Thanks for your feedback.


----------



## DocRogers (Feb 16, 2006)

I seem to average about 1000 miles between flats. Adding Slime to my tires doesn't seem worthwhile.


----------



## M Ice (Dec 8, 2011)

To answer your question .....waste of time IMO. Heavy and doesn't play well with CO2.


----------



## Hooben (Aug 22, 2004)

You put the slime in the tube before you get the flat. The process of putting the green slime into your tube is messy and time consuming. I once saw a road bike with a blowout that was covered in green slime, not nice. It seems like those Mr. Toughy tire liners are heavy and are slowing you down. It would be a better idea to spend some good cash on a good tire like Armadillo or Maxxis Re-fuse and leave the slime at the store.


----------



## Arcas (Jun 5, 2013)

Don't.

I tried it as well. First of all.. it's a ***** to put in. You have to remove the twisty-top (the one where you unscrew to inflate). That's not a problem. The problem is the core. The core will get pushed into the tube if you're not careful. You can use a clip, etc to hold the core while adding slime. However, the core will also block the slime from going in.

It's very hard to put the slime in (at least in my case). I got some in after a very long time.. but it does add weight and makes it awkward when inflating it.

I would just carry around a Rema patch kit or something.


----------



## crossracer (Jun 21, 2004)

They have tubes allready filled with slime. I use them on my mtn bike and commuting bike but I forgo them on the road bike. 
I've read a lot on road tubeless, just havnt gotten around to buying a set. 

Bill


----------



## NJBiker72 (Jul 9, 2011)

Hooben said:


> You put the slime in the tube before you get the flat. The process of putting the green slime into your tube is messy and time consuming. I once saw a road bike with a blowout that was covered in green slime, not nice. It seems like those Mr. Toughy tire liners are heavy and are slowing you down. It would be a better idea to spend some good cash on a good tire like Armadillo or Maxxis Re-fuse and leave the slime at the store.


This. 

I hate flats. I use a Refuse on the rear. I use a better handling but still somewhat puncture resistant tire on the front (Rubino Pro Slick). 

If you are using one of those tires or a Gatorskin and still getting enough flats to consider a liner and/or slime you are doing something wrong. 

You can get a Refuse for about $25.


----------



## Sisophous (Jun 7, 2010)

Hooben said:


> It seems like those Mr.
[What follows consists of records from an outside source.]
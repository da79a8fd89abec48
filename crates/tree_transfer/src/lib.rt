//! Trees of decisions that are carried over to another instance, or taken up again by a search.
//!
//! In the field: reoptimization: a branch-and-bound tree with its dual solutions, reused for changed data.
//!
//! If costs, service costs and demands rise, and streets that need no service are closed, the proof of a bound need not
//! be found anew. [`carry_tree`] reads the tree of the older instance under the new one. A pair that is excluded there
//! gives way to its second child, and so does a cut below the lower number of its shore. All else stays. What is left
//! shows each bound that the older tree showed ([`carried_trees_show`]), if its fixed branches have values.
//!
//! [`greatest_bound`] says what such a tree shows with the price sets that it names, and [`note_nodes`] what each of
//! its nodes shows. [`keep_named_sets`] leaves the other sets out. Laws say which facts about the old instance are facts
//! about the new one.
//!
//! - `carrying`: a tree that is carried over, node by node.
//! - `bounding`, `noting`: the greatest bound that a tree shows, and that of each node.
//! - `naming`: the price sets that a tree names.
//! - `laws`, `carried_laws`: what is proved of raised instances, and of carried trees.
#![tactic(auto)]

mod bounding;
mod carried_examples;
mod carried_laws;
mod carrying;
mod examples;
mod laws;
mod naming;
mod noting;

pub use bounding::greatest_bound;
pub use carried_laws::carried_trees_show;
pub use carrying::carry_tree;
pub use laws::{
    edits_raise_instances, raised_fixed_values_are_no_less, raised_needs_are_no_less,
    raised_rooms_are_no_more, raised_sets_stay_fit,
};
pub use naming::{keep_named_sets, named_sets_suffice};
pub use noting::note_nodes;
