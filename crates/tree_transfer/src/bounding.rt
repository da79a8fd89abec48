// The greatest bound that a tree shows.
ghost use Rattle.std.specs.Prelude.{◌≡◌, ◌+◌, ◌^◌, ◌<◌, ◌≤◌, IfOk, OnOk, length};
ghost use Rattle.std.specs.List.{All};
ghost use Rattle.deadhead_paths.specs.Prices.{costs_of};
ghost use Rattle.decision_chains.specs.Pairs.{ArePairsIn};
ghost use Rattle.branch_rules.specs.Decisions.{IsFixed};
ghost use Rattle.branch_rules.specs.Limits.{IsNodeIn};
ghost use Rattle.branch_rules.specs.Trees.{set_at};
ghost use Rattle.grown_trees.specs.Growth.{ShowsUpTo};
ghost use Rattle.grown_trees.specs.Places.{IsFineNode};
ghost use Rattle.tree_transfer.specs.Bounding.{BoundsAt, FixedShowsUpTo, HasSomeValue, IsGiven, IsLeastShown, NodeHasValue, NodeWouldShowSome, PriceShowsSome, PriceShowsUpTo, support_in};
ghost use Rattle.tree_transfer.specs.Shown.{AreTreeNodes, HasShores, IsGreatestShown, WouldShowSome};

use branch_rules::{Branch, Node, Path, PriceSet, Tree, nodes_show_their_tree};
use carp_base::{Instance, Memory};
use cut_pool::ShorePool;
use deadhead_paths::Distances;
use decision_chains::fixed_values_compare;
use grown_trees::shown_under;
use std::alloc::Global;
use task_tours::lawful_cost;

// What the nodes of a tree are read against.
#[derive(Clone, Copy)]
pub(crate) struct Given<'a> {
    pub(crate) inst: &'a Instance,
    pub(crate) pool: &'a ShorePool,
    pub(crate) sets: &'a [PriceSet],
    pub(crate) dist: &'a Distances,
}

impl Given<'_> {
    // The price set of a number from 1.
    fn set(&self, number: u32) -> &PriceSet
        requires from_one { 1 ≤ number }
        requires in_range { number ≤ length self.now.sets.now }
        ensures { result.now ≡ set_at (support_in self.now) number }
    {
        &self.sets[number as usize - 1]
    }
}

/// The greatest bound, up to a cost below 10^18, that a tree shows: the least of the cost and of what each leaf shows
/// under the decisions on the way to it. A price leaf shows its value divided by its denominator, rounded up. A fixed
/// leaf shows the fixed value of its branch, and a void leaf every bound. The distances are those by cost.
///
/// Each leaf of the tree shows some bound: void leaves are void, fixed leaves are fixed, and sets fit under the
/// decisions on the way to them. The only error is want of memory.
///
/// With n nodes, m required edges, k weights in a set and at most d decisions on a path it takes time in proportion to
/// n (m + d) k, and for each fixed leaf besides to m * m + d and to the steps of a plan.
pub fn greatest_bound(
    alloc: Global,
    inst: &Instance,
    pool: &ShorePool,
    sets: &[PriceSet],
    dist: &Distances,
    tree: &Tree,
    cost: u64,
) -> Result<u64, Memory>
    requires problem { dist.now.problem ≡ inst.now }
    requires prices { dist.now.prices ≡ costs_of inst.now }
    requires nodes { AreTreeNodes inst.now pool.now tree.now.nodes }
    requires shows { WouldShowSome (record { problem = inst.now; pool = pool.now; sets = sets.now }) tree.now.nodes }
    requires shores { HasShores (record { problem = inst.now; pool = pool.now; sets = sets.now }) }
    requires small { cost < 10 ^ 18 }
    ensures { IfOk result (IsGreatestShown (record { problem = inst.now; pool = pool.now; sets = sets.now }) cost tree.now.nodes) }
{
    nodes_show_their_tree();
    let given = Given {
        inst,
        pool,
        sets,
        dist,
    };
    let least = least_shown(alloc, &given, tree)?;
    Ok(cost.min(least))
}

// The least of the greatest bounds that the nodes of a tree show.
fn least_shown(alloc: Global, given: &Given<'_>, tree: &Tree) -> Result<u64, Memory>
    requires given { IsGiven given.now }
    requires inside { All (IsNodeIn given.now.inst.now given.now.pool.now) tree.now.nodes }
    requires fine { All IsFineNode tree.now.nodes }
    requires shows { WouldShowSome (support_in given.now) tree.now.nodes }
    ensures { IfOk result (IsLeastShown (support_in given.now) tree.now.nodes) }
{
    let mut path = Path::new(alloc);
    let mut least = u64::MAX;
    for place in 0..tree.len() {
        least = bound_node(alloc, given, tree, place, &mut path, least)?;
    }
    Ok(least)
}

// The least of a number and of the greatest bound that the node at a place shows. The path goes past the node.
fn bound_node(
    alloc: Global,
    given: &Given<'_>,
    tree: &Tree,
    place: usize,
    path: &mut Path,
    least: u64,
) -> Result<u64, Memory>
    requires given { IsGiven given.now }
    requires inside { All (IsNodeIn given.now.inst.now given.now.pool.now) tree.now.nodes }
    requires fine { All IsFineNode tree.now.nodes }
    requires place { place < length tree.now.nodes }
    requires at { BoundsAt (support_in given.now) tree.now.nodes place path.old least }
    ensures { IfOk result (BoundsAt (support_in given.now) tree.now.nodes (place + 1) path.new) }
{
    let node = tree.node(place);
    let shown = shown_by(alloc, given, path.branch(), &node)?;
    path.pass(&node)?;
    Ok(least.min(shown))
}

// The greatest bound that a node shows by itself. An inner node and a void leaf show each bound.
pub(crate) fn shown_by(
    alloc: Global,
    given: &Given<'_>,
    branch: &Branch,
    node: &Node,
) -> Result<u64, Memory>
    requires given { IsGiven given.now }
    requires pairs { ArePairsIn given.now.inst.now branch.now }
    requires some { NodeWouldShowSome (support_in given.now) branch.now node.now }
    ensures shown { IfOk result (ShowsUpTo (support_in given.now) (record { branch = branch.now; node = node.now })) }
    ensures value { OnOk result (NodeHasValue given.now.inst.now branch.now node.now) }
{
    match *node {
        Node::Pair { .. } => Ok(u64::MAX),
        Node::Cut { .. } => Ok(u64::MAX),
        Node::Price { set } => Ok(shown_by_set(given, branch, set)),
        Node::Void => Ok(u64::MAX),
        Node::Fixed => fixed_value(alloc, given, branch),
    }
}

// The greatest bound that a price leaf shows.
fn shown_by_set(given: &Given<'_>, branch: &Branch, set: u32) -> u64
    requires given { IsGiven given.now }
    requires some { PriceShowsSome (support_in given.now) branch.now set }
    ensures { PriceShowsUpTo (support_in given.now) branch.now set result }
{
    shown_under(given.inst, given.pool, branch, given.set(set))
}

// The fixed value of a fixed branch. If that does not fit, it is the greatest number.
fn fixed_value(alloc: Global, given: &Given<'_>, branch: &Branch) -> Result<u64, Memory>
    requires given { IsGiven given.now }
    requires pairs { ArePairsIn given.now.inst.now branch.now }
    requires fixed { IsFixed given.now.inst.now given.now.pool.now branch.now }
    ensures shown { IfOk result (FixedShowsUpTo (support_in given.now) branch.now) }
    ensures value { OnOk result (HasSomeValue given.now.inst.now branch.now) }
{
    fixed_values_compare();
    let plan = branch.fixed_plan(alloc, given.inst, given.pool, given.dist)?;
    let cost = lawful_cost(alloc, given.inst, &plan)?;
    Ok(cost.min(u128::from(u64::MAX)) as u64)
}
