// What a carried tree shows, as a function whose contract is the law.
ghost use Rattle.tree_transfer.specs.CarriedLaws.{CarriedTreesShow};

use crate::{
    raised_fixed_values_are_no_less, raised_needs_are_no_less, raised_rooms_are_no_more,
    raised_sets_stay_fit,
};
use decision_chains::{excluded_is_symmetric, yes_pairs_join};
use grown_trees::decisions_keep_exclusions;

/// If numbers rise, the tree that is carried over is lean, its pairs are of required edges, and it shows each bound
/// that the older tree showed, by each value that a fixed branch has.
pub fn carried_trees_show()
    ensures { CarriedTreesShow }
{
    yes_pairs_join();
    excluded_is_symmetric();
    decisions_keep_exclusions();
    raised_needs_are_no_less();
    raised_sets_stay_fit();
    raised_rooms_are_no_more();
    raised_fixed_values_are_no_less();
}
Toughy tire liners are heavy and are slowing you down.


Thanks for all the replies, glad I asked, I will pass on the slime. 

About the Toughy Tire Liners, without them I was routinely getting flats. With the Tire Liners I average now about 1,000 miles before I get a flat and have gone over 2,000 miles without a flat using the liners. The weight of the liners amounts to nothing, literally just a few ounces.

I see how added weight of the slime and the mess makes it not worth it. 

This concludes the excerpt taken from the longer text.